According to the human rights group Foro Penal Venezolano, 732 people have been arrested across the country and 33 tortured.

Venezuelan opposition leader Leopoldo Lopez is shoved into a National Guard armoured vehicle in Caracas on Feb. 18. A U.S.-educated economist, he was charged with fomenting violence in connection with the street protests and turned himself over to police. (Jorge Silva / Reuters)
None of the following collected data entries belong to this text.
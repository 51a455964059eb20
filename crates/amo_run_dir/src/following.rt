//! Reading of a run's answers and journals while others append to them.
use crate::follower::Follower;
use amo_params::MAX_WORKERS;
use amo_run_faults::{Fault, Item, Setting};
use amo_run_files::{Extent, RoundFile};
use amo_system_calls::SystemCalls;
use std::alloc::Global;

/// The handles by which a process reads the answers and the journals of a run on. It opens the
/// answers first, and then the journals of the workers 1, 2 and so on.
#[derive(Drop)]
pub struct FollowedFiles<H> {
    files: Vec<Follower<H>>,
}

impl<H: Drop> FollowedFiles<H> {
    /// Returns no handles yet.
    pub fn new(alloc: Global) -> FollowedFiles<H> {
        FollowedFiles {
            files: Vec::new(alloc),
        }
    }

    /// Reads the answers or a journal: from the beginning if they were not opened before, else on
    /// from the last append that was read. Returns the records of the appends that were not read
    /// before, and how much of the file is on the disk, whatever a crash takes. `last` is the file
    /// of the last round, which the caller has read before. `own` is the handle that is taken in
    /// place of a new one.
    ///
    /// # Errors
    /// As `Follower::open` and `Follower::more`. `Lost` if `last` counts more appends than were
    /// read, or another last one. `NoWay` if there is no such file, or if it isn't this one's turn
    /// to be opened.
    pub fn read<S: SystemCalls<Handle = H>>(
        &mut self,
        system: &mut S,
        setting: &Setting<'_>,
        last: Option<&RoundFile>,
        item: Item,
        own: Option<&H>,
    ) -> Result<(Vec<Vec<u8>>, Extent), Fault> {
        let place = place_of(item)?;
        if place == self.files.len() {
            let (file, log) = Follower::open(system, setting, last, item, own)?;
            let extent = file.extent(system, setting)?;
            self.files.push(file)?;
            return Ok((log.records, extent));
        }
        if place > self.files.len() {
            return Err(Fault::NoWay);
        }
        let records = self.files[place].more(system)?.records;
        self.files[place].check(system, setting, last)?;
        Ok((records, self.files[place].extent(system, setting)?))
    }

    /// Reads the answers or a journal on, and returns the records of the appends that were not read
    /// before.
    ///
    /// # Errors
    /// As `Follower::more`, and `NoWay` if the file was not opened.
    pub fn read_on<S: SystemCalls<Handle = H>>(
        &mut self,
        system: &mut S,
        item: Item,
    ) -> Result<Vec<Vec<u8>>, Fault> {
        let place = place_of(item)?;
        if place >= self.files.len() {
            return Err(Fault::NoWay);
        }
        Ok(self.files[place].more(system)?.records)
    }
}

/// Returns the place of a file among those that are followed.
///
/// # Errors
/// `NoWay` if it isn't followed.
fn place_of(item: Item) -> Result<usize, Fault> {
    match item {
        Item::Answers => Ok(0),
        Item::Journal(worker) if worker >= 1 && worker <= MAX_WORKERS as u64 => Ok(worker as usize),
        _ => Err(Fault::NoWay),
    }
}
The government denies any torture, but the accusations from both sides are mounting.

Last week, the international group Human Rights Watch said, "Venezuelan security forces have used excessive and unlawful force against protesters on multiple occasions since February 12, including beating detainees and shooting at crowds of unarmed people."

Following the first protests on Feb. 5, there were accusations that pro-government, pro-Chavista groups called colectivos, basically armed militia on motorcycles who had played a role in bringing Chavez to power, attacked civilians and broke into private residences.

In the spike in violence surrounding the massive Feb. 12 march in Caracas, a well-known colectivo leader was shot and killed during a counter-demonstration, and the group was blamed for starting the violence in which two people were killed.